We thank the Reviewer for this interesting point. Adenomas are, after colonoscopy removal, sent for a histological examination to exclude a presence of malignancy. If assessed as benign, no additional screening is done including MMR genes. In our case, all adenomas were described by pathologists as a precancerous stage. We assume, that if there would be MMR gene mutations it would affect cells to such an extent that it would be reflected in the morphology that would be captured even by HE staining.

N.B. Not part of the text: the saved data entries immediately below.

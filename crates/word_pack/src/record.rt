ghost use Rattle.std.specs.Prelude.{◌≡◌};
ghost use Rattle.word_pack.specs.declared.record.RecordForm.{RecordForm};
ghost use Rattle.word_pack.specs.RecordWords.{FitsRecord, record_word, IsRecordWord};

use crate::layout::{CALLER, FROM, STAMP, TO};

/// One record of a row: the first and the last time step of a stay, and the id of its route.
#[derive(Clone, Copy, Debug, PartialEq, Eq)]
pub struct RecordForm {
    pub from: u32,
    pub to: u32,
    pub stamp: u32,
    pub caller: u32,
}

/// The word of a record.
pub fn pack_record(form: RecordForm) -> u64
    requires { FitsRecord form }
    ensures { result ≡ record_word form }
{
    let word = FROM.put(0, u64::from(form.from));
    let word = TO.put(word, u64::from(form.to));
    let word = STAMP.put(word, u64::from(form.stamp));
    CALLER.put(word, u64::from(form.caller))
}

/// The record of a word. Every word has one.
pub fn unpack_record(word: u64) -> RecordForm
    ensures form { IsRecordWord result word }
    ensures every { (form : RecordForm) → IsRecordWord form word → result ≡ form }
{
    RecordForm {
        from: FROM.of(word) as u32,
        to: TO.of(word) as u32,
        stamp: STAMP.of(word) as u32,
        caller: CALLER.of(word) as u32,
    }
}
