ghost use Rattle.std.specs.Prelude.{◌≡◌, ◌+◌, ◌*◌, ◌^◌, ◌<◌, ◌≤◌, ◌↔◌, IsTrue};
ghost use Rattle.word_pack.specs.Fields.{field};

// Where a number stands in a word: from the bit `at` on, in so many bits.
#[derive(Clone, Copy)]
pub(crate) struct Field {
    pub(crate) at: u32,
    pub(crate) bits: u32,
}

impl Field {
    // The number that a word has there.
    pub(crate) fn of(self, word: u64) -> u64
        requires inside { self.at < 64 }
        requires narrow { self.bits < 64 }
        ensures { result ≡ field word self.at self.bits }
    {
        (word >> self.at) & ((1 << self.bits) - 1)
    }

    // The word with this number there, where none of its bits is set from there on.
    pub(crate) fn put(self, word: u64, number: u64) -> u64
        requires inside { self.at + self.bits ≤ 64 }
        requires within { self.at < 64 }
        requires clear { word < 2 ^ self.at }
        requires fits { number < 2 ^ self.bits }
        ensures { result ≡ word + number * 2 ^ self.at }
    {
        number << self.at | word
    }

    // Whether no bit of a word is set past this field.
    pub(crate) fn is_last_of(self, word: u64) -> bool
        requires inside { self.at + self.bits < 64 }
        ensures { IsTrue result ↔ (word < 2 ^ (self.at + self.bits)) }
    {
        word >> (self.at + self.bits) == 0
    }
}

However, from our previous work, only a few adenomas from the caecum and ascendant colon bear MMR mutations and MSI. The vast majority is MSI-L, e.g., from transversum down to the rectum (doi.org/10.1038/s41598-022-06498-9).

(4)   It would be useful to include a measure of polyp size.

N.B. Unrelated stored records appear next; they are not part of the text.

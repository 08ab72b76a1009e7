ghost use Rattle.std.specs.Prelude.{◌≡◌, ◌≢◌, ◌∷◌, [], length, MatchOption, IfOk};
ghost use Rattle.text_lines.specs.Fields.{fields_of};
ghost use Rattle.scen_text.specs.ScenGrammar.{small_field, is_inside, row_of, IsOnGrid};

use crate::fault::ScenKind;
use fleet_base::{Grid, Request};
use text_lines::{next_field, read_small_number};

// The fields of a row. Bucket, map and optimal length aren't read.
#[derive(Clone, Copy)]
pub struct RowFields<'a> {
    pub bucket: &'a [u8],
    pub map: &'a [u8],
    pub map_width: &'a [u8],
    pub map_height: &'a [u8],
    pub start_x: &'a [u8],
    pub start_y: &'a [u8],
    pub goal_x: &'a [u8],
    pub goal_y: &'a [u8],
    pub optimal: &'a [u8],
}

// The fields of a line that has nine and no more.
fn nine_fields(line: &[u8]) -> Option<RowFields<'_>>
    ensures { MatchOption result
        (length (fields_of line.now) ≢ 9)
        (λ r. fields_of line.now ≡ r.bucket.now ∷ r.map.now ∷ r.map_width.now ∷ r.map_height.now
        ∷ r.start_x.now ∷ r.start_y.now ∷ r.goal_x.now ∷ r.goal_y.now ∷ r.optimal.now ∷ []) }
{
    let (bucket, rest) = next_field(line)?;
    let (map, rest) = next_field(rest)?;
    let (map_width, rest) = next_field(rest)?;
    let (map_height, rest) = next_field(rest)?;
    let (start_x, rest) = next_field(rest)?;
    let (start_y, rest) = next_field(rest)?;
    let (goal_x, rest) = next_field(rest)?;
    let (goal_y, rest) = next_field(rest)?;
    let (optimal, rest) = next_field(rest)?;
    match next_field(rest) {
        None => Some(RowFields {
            bucket,
            map,
            map_width,
            map_height,
            start_x,
            start_y,
            goal_x,
            goal_y,
            optimal,
        }),
        Some(_) => None,
    }
}

fn read_small(field: &[u8]) -> Result<u32, ScenKind>
    ensures { result ≡ small_field field.now }
{
    read_small_number(field).ok_or(ScenKind::BadNumber)
}

fn is_inside(grid: &Grid, x: u32, y: u32) -> bool
    ensures { result ≡ is_inside grid.now x y }
{
    x < grid.width() && y < grid.height()
}

/// The request of a row: it departs at time 0, and doesn't stay.
#[tactic(auto, unfolding(crate::specs::ScenGrammar::row_of))]
pub fn read_row(line: &[u8], grid: &Grid) -> Result<Request, ScenKind>
    ensures row { result ≡ row_of grid.now (fields_of line.now) }
    ensures on_grid { IfOk result (IsOnGrid grid.now) }
{
    let Some(row) = nine_fields(line) else {
        return Err(ScenKind::FieldCount);
    };
    let width = read_small(row.map_width)?;
    let height = read_small(row.map_height)?;
    let from_x = read_small(row.start_x)?;
    let from_y = read_small(row.start_y)?;
    let to_x = read_small(row.goal_x)?;
    let to_y = read_small(row.goal_y)?;
    if width != grid.width() || height != grid.height() {
        return Err(ScenKind::SizeDiffers);
    }
    if !is_inside(grid, from_x, from_y) || !is_inside(grid, to_x, to_y) {
        return Err(ScenKind::Outside);
    }
    Ok(Request {
        start: grid.cell_at(from_x, from_y),
        goal: grid.cell_at(to_x, to_y),
        depart: 0,
        stay: false,
    })
}
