// Where each number stands in its word. Bit 0 is the lowest.
use crate::field::Field;

/// Which form a cell word, a count word or a status has.
pub(crate) const TAG: Field = Field { at: 0, bits: 2 };

/// The tag of a plain row or count.
pub(crate) const PLAIN: u64 = 0;

/// The tag of a conditional reference to a descriptor.
pub(crate) const CONDITIONAL: u64 = 1;

/// The tag of a reference to a descriptor.
pub(crate) const REFERENCE: u64 = 2;

/// A cell's row, in a plain word.
pub(crate) const ROW: Field = Field { at: 2, bits: 22 };

/// The count, in a plain word.
pub(crate) const COUNT: Field = Field { at: 2, bits: 40 };

/// Which entry of a descriptor a word or a failure speaks of. Entry 1,023 is the count's.
pub(crate) const ENTRY: Field = Field { at: 2, bits: 11 };

/// Which descriptor is referred to: `8 * caller + k`, with k from 0 to 7.
pub(crate) const DESCRIPTOR: Field = Field { at: 13, bits: 7 };

/// The caller that installed a conditional reference.
pub(crate) const HELPER: Field = Field { at: 20, bits: 5 };

/// The number of that install among its caller's.
pub(crate) const FRESH: Field = Field { at: 25, bits: 39 };

/// The status of a descriptor that nobody uses.
pub(crate) const IDLE: u64 = 0;

/// The status of a descriptor whose swap isn't decided yet.
pub(crate) const UNDECIDED: u64 = 1;

/// The status of a descriptor whose swap took place.
pub(crate) const SUCCEEDED: u64 = 2;

/// The tag of a status whose swap didn't take place.
pub(crate) const FAILED: u64 = 3;

/// Whether the owner failed the swap for a hold.
pub(crate) const HELD: Field = Field { at: 13, bits: 1 };

/// The cell of an entry.
pub(crate) const CELL: Field = Field { at: 0, bits: 20 };

/// The cell's row before the swap.
pub(crate) const OLD: Field = Field { at: 20, bits: 22 };

/// The cell's row after the swap.
pub(crate) const NEW: Field = Field { at: 42, bits: 22 };

/// The first time step of a record.
pub(crate) const FROM: Field = Field { at: 0, bits: 16 };

/// The last time step of a record.
pub(crate) const TO: Field = Field { at: 16, bits: 16 };

/// The stamp of a record's route.
pub(crate) const STAMP: Field = Field { at: 32, bits: 26 };

/// The caller of a record's route.
pub(crate) const CALLER: Field = Field { at: 58, bits: 6 };

/// How many records a row has.
pub(crate) const RECORDS: Field = Field { at: 0, bits: 4 };

/// The row that a row's records go on in.
pub(crate) const NEXT: Field = Field { at: 4, bits: 22 };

We thank the Reviewer for this comment. We have included these data in Table 4 to complete information about adenoma samples.

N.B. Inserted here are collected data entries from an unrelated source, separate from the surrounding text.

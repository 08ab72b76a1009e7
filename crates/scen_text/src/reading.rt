ghost use Rattle.std.specs.Prelude.{◌≡◌, ◌+◌, ◌<◌, ◌≤◌, ◌^◌, length, All, IfSome, IsNone, IfOk, OnOk};
ghost use Rattle.text_lines.specs.Lines.{lines_of};
ghost use Rattle.text_lines.specs.Fields.{fields_of};
ghost use Rattle.text_lines.specs.Numbered.{numbered_from};
ghost use Rattle.text_lines.specs.Faults.{Gives};
ghost use Rattle.scen_text.specs.ScenGrammar.{IsOnGrid, next_row, is_kept, rows_from, is_version, scenario_of, fault_of};

use crate::fault::{ScenFault, ScenKind, fault};
use crate::row::read_row;
use fleet_base::{Grid, Request};
use std::alloc::Global;
use text_lines::{count_lines, next_filled_line, two_fields};

// How many rows there may be where no number to take is given.
const MAX_ROWS: u32 = 32_767;

fn is_version(line: &[u8]) -> bool
    ensures { result ≡ is_version (fields_of line.now) }
{
    match two_fields(line) {
        Some((word, _)) => word == b"version".as_slice(),
        None => false,
    }
}

fn is_kept(take: Option<u32>, index: u32) -> bool
    ensures { result ≡ is_kept take index }
{
    match take {
        Some(count) => index < count,
        None => true,
    }
}

// The request of a row before which `index` stand.
fn next_row(line: &[u8], grid: &Grid, take: Option<u32>, index: u32) -> Result<Request, ScenKind>
    ensures row { result ≡ next_row grid.now take index (fields_of line.now) }
    ensures on_grid { IfOk result (IsOnGrid grid.now) }
    ensures room { OnOk result (IsNone take → index < 32767) }
{
    let request = read_row(line, grid)?;
    if take.is_none() && index >= MAX_ROWS {
        return Err(ScenKind::TooMany);
    }
    Ok(request)
}

// Reads the rows, below the line of the number `before`.
fn read_rows(
    alloc: Global,
    before: u32,
    text: &[u8],
    grid: &Grid,
    take: Option<u32>,
) -> Result<Vec<Request>, ScenFault>
    requires size { before + length text.now < 2 ^ 32 }
    requires few { IfSome take (λ count. count ≤ 32767) }
    ensures rows { Gives fault_of (λ requests. requests.items) result
        (rows_from grid.now take 0 (numbered_from (before + 1) (lines_of text.now))) }
    ensures few { IfOk result (λ requests. length requests.items ≤ 32767) }
    ensures on_grid { IfOk result (λ requests. All (IsOnGrid grid.now) requests.items) }
{
    let mut requests = Vec::new(alloc);
    let mut index = 0;
    let mut last = before;
    let mut rest = text;
    while let Some(found) = next_filled_line(last, rest) {
        let request = match next_row(found.line, grid, take, index) {
            Ok(request) => request,
            Err(kind) => return fault(found.number, kind),
        };
        if is_kept(take, index) {
            requests.push(request)?;
        }
        index += 1;
        last = found.number;
        rest = found.rest;
    }
    Ok(requests)
}

/// Reads a scenario: one request for each row, or for each of the first `take` rows.
///
/// The later rows are checked all the same. The answer is the requests, or `ScenFault::At` with the
/// first line that has a fault. Only want of memory may come in place of either. The line after the
/// last one may be named too, so a text is one byte shorter than the other readers allow.
#[tactic(auto, unfolding(crate::specs::ScenGrammar::scenario_of))]
pub fn read_scen(
    alloc: Global,
    text: &[u8],
    grid: &Grid,
    take: Option<u32>,
) -> Result<Vec<Request>, ScenFault>
    requires size { length text.now + 1 < 2 ^ 32 }
    requires few { IfSome take (λ count. count ≤ 32767) }
    ensures grammar { Gives fault_of (λ requests. requests.items) result
        (scenario_of grid.now take (lines_of text.now)) }

    // What one may do with the requests.
    ensures few { IfOk result (λ requests. length requests.items ≤ 32767) }
    ensures on_grid { IfOk result (λ requests. All (IsOnGrid grid.now) requests.items) }
{
    let Some(first) = next_filled_line(0, text) else {
        return fault(count_lines(text) as u32 + 1, ScenKind::BadVersion);
    };
    if !is_version(first.line) {
        return fault(first.number, ScenKind::BadVersion);
    }
    read_rows(alloc, first.number, first.rest, grid, take)
}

Further experiments could strengthen the MS

(1)   The question of MALAT1 function would be approached by qRT-PCR and/or in situ hybridisation to demonstrate MALAT1 expression is increased compared to normal colon mucosa.

We agree with the Reviewer’s opinion. Unfortunately, we do not have on our disposal RNA in these patients. Additional isolation is not possible because a whole piece of fresh frozen tissue samples was already used for DNA isolation, since the aCGH method requires minimal input of 500ng of good quality DNA. For the same reason, we cannot perform FISH. Besides, the fresh frozen biopsies of adenomas consist of a tiny amount of material.

(2)   DNA sequencing would demonstrate MALAT1 amplification within the five group 1 polyps.

Indeed, DNA sequencing would provide the following supportive evidence of MALAT1 amplification. However, we are limited by biological material and sufficient high-quality DNA is required for next-generation sequencing. Nevertheless, we will of course include MALAT1 into the DNA panel for future planned research on new colorectal adenomas.